# Clips, Shapes, Symbole, Zeichnungen von SPS



## Gundula (13 März 2007)

Hallo,

kann mir jemand eine Bezugsquelle für o.g. Dinge nennen?
Ich möchte eine Präsentation erstellen und den Zusammenhang div. Steuerungselemente Darstellen.

Danke Wolle


----------



## RMol (13 März 2007)

Hallo,
die Bilddatenbank vom großen S kennste?
http://www.automation.siemens.com/b...86-1520-1522-1521-1482-1495-&closeFolder=1319


----------



## Gundula (14 März 2007)

Hallo,

Danke, ja kennne ich.
Ich brauche/möchte aber eher schematische Darstellungen haben
um Konzepte, Abläufe und Übersichten darzustellen.


----------



## dresel (20 März 2007)

Hallo,

vielleicht kannst du hiermit etwas anfangen.

Gruß
Andreas


----------



## dresel (20 März 2007)

Habe gerade gemerkt das die Qualität ziemlich scheiße is und das außerdem ein Kurzschluß drin ist, wenn du aber so etwas in der Richtung brauchst geb Bescheid, dann lad ich's in besserer Qualität und ohne Kurzschlüsse noch mal hoch!


----------



## Gundula (20 März 2007)

Hi dresel,

das sieht eigentlich ganz gut aus, ist aber schon wieder zu viel des Guten.
Ich brauche einfach nur sowas wie auf der Siemens-Seite aber als einfache Zeichnung, so wie die Darstellung von PCs in Visio.


----------



## nade (21 März 2007)

Also finde die Darstellung von dresl auch gut.
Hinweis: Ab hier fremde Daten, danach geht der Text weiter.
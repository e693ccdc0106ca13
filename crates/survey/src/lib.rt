//! The survey of a wiring: lengths of all nodes, types of all leads and longest paths, as a value
//! that is proved, and as text.
#![tactic(auto)]

ghost use Rattle.std.specs.Prelude.{◌≡◌};
ghost use Rattle.survey.specs.declared.SurveyError.TheVariants.{NoMemory, Refused as RefusedBy};
ghost use Rattle.lengths.specs.declared.table.FillError.TheVariants.{Unsound};

use lengths::check::Fault;
use lengths::table::FillError;
use std::alloc::{AllocError, AllocFailed};
use std::error::Error;
use wiring::Lead;

pub mod reporting;
pub mod surveying;
pub mod text;

/// The lengths of one node.
#[derive(Clone, Copy)]
pub struct NodeRow<D> {
    pub to: D,
    pub from: D,
}

/// A lead with its type and the delay of a longest path through it.
#[derive(Clone, Copy)]
pub struct LeadRow<D> {
    pub lead: Lead<D>,
    // the two marks of its type
    pub drains: bool,
    pub fed: bool,
    pub longest: D,
}

/// What there is to tell of a wiring: a row a node, a row a place, and the delay of a longest path.
#[derive(Drop)]
pub struct Survey<D> {
    pub nodes: Vec<NodeRow<D>>,
    pub places: Vec<Option<LeadRow<D>>>,
    pub longest: Option<D>,
}

/// Why there is no survey.
#[derive(Clone, Copy, PartialEq, Eq, Debug)]
pub enum SurveyError {
    /// the wiring breaks a limit
    Refused(FillError),
    NoMemory,
}

impl Error for SurveyError {}

impl From<FillError> for SurveyError {
    ghost from_gives = { λ e r. r ≡ RefusedBy e };

    fn from(error: FillError) -> Self {
        SurveyError::Refused(error)
    }
}

impl From<Fault> for SurveyError {
    ghost from_gives = { λ f r. r ≡ RefusedBy (Unsound f) };

    fn from(fault: Fault) -> Self {
        SurveyError::Refused(FillError::Unsound(fault))
    }
}

impl From<AllocError> for SurveyError {
    ghost from_gives = { λ _ r. r ≡ NoMemory };

    fn from(_error: AllocError) -> Self {
        SurveyError::NoMemory
    }
}

impl<T: Drop> From<AllocFailed<T>> for SurveyError {
    ghost from_gives = { λ _ r. r ≡ NoMemory };

    fn from(_refused: AllocFailed<T>) -> Self {
        SurveyError::NoMemory
    }
}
Ok bis auf die "sichere" SPS.  Die ist so sicher, das nie durch die Anlage die damit gesteuert/geregelt wird nie die Chance hat in einen gefährlichen Betriebszustand zu kommen.


----------



## dresel (21 März 2007)

Habs ausgebessert und nochmal in besserer Qualität hochgeladen.

@Gundula
mit was anderem als Schaltplansymbolen kann ich leider nicht dienen, ich hab noch was aus einem Siemens-Handbuch angefügt, in denen gibt es auch ab und zu mal Grafiken, vielleicht kannst du davon was verwenden. Schau halt mal ein paar Handbücher durch, vielleicht ist was dabei.

Gruß
Andreas


----------



## Gundula (21 März 2007)

Hi Andreas,

aus dem Handbuch ist schon Ideal, wo bekomme ich das her?

LG  Wolfgang


----------



## dresel (21 März 2007)

Servus Wolfgang,

die Handbücher können so ziemlich alle von der Siemens-Homepage geladen werden. 

Schau mal hier:
http://support.automation.siemens.com

Unter "produkt support" geht links ein Navi-Menü auf, da kannst du dann die entsprechenden Produkte auswählen und die dazu verfügbaren Downloads anzeigen lassen (also dann auch z.B. zu Visualisierungssystemen oder Antriebstechnik).

Der Auszug den ich eingestellt habe stammt von der Betriebsanleitung "S7-300_IHBx_d" (Beitrags-ID 13008499), das ist im groben die Betriebsanleitung zum Aufbau und der Hardwareinstallation der 31x-CPU's.

Gruß
Andreas


----------



## Gundula (21 März 2007)

Hi Andreas,

super, brauchbare Leute hier im Forum 

lg Wolfgang


----------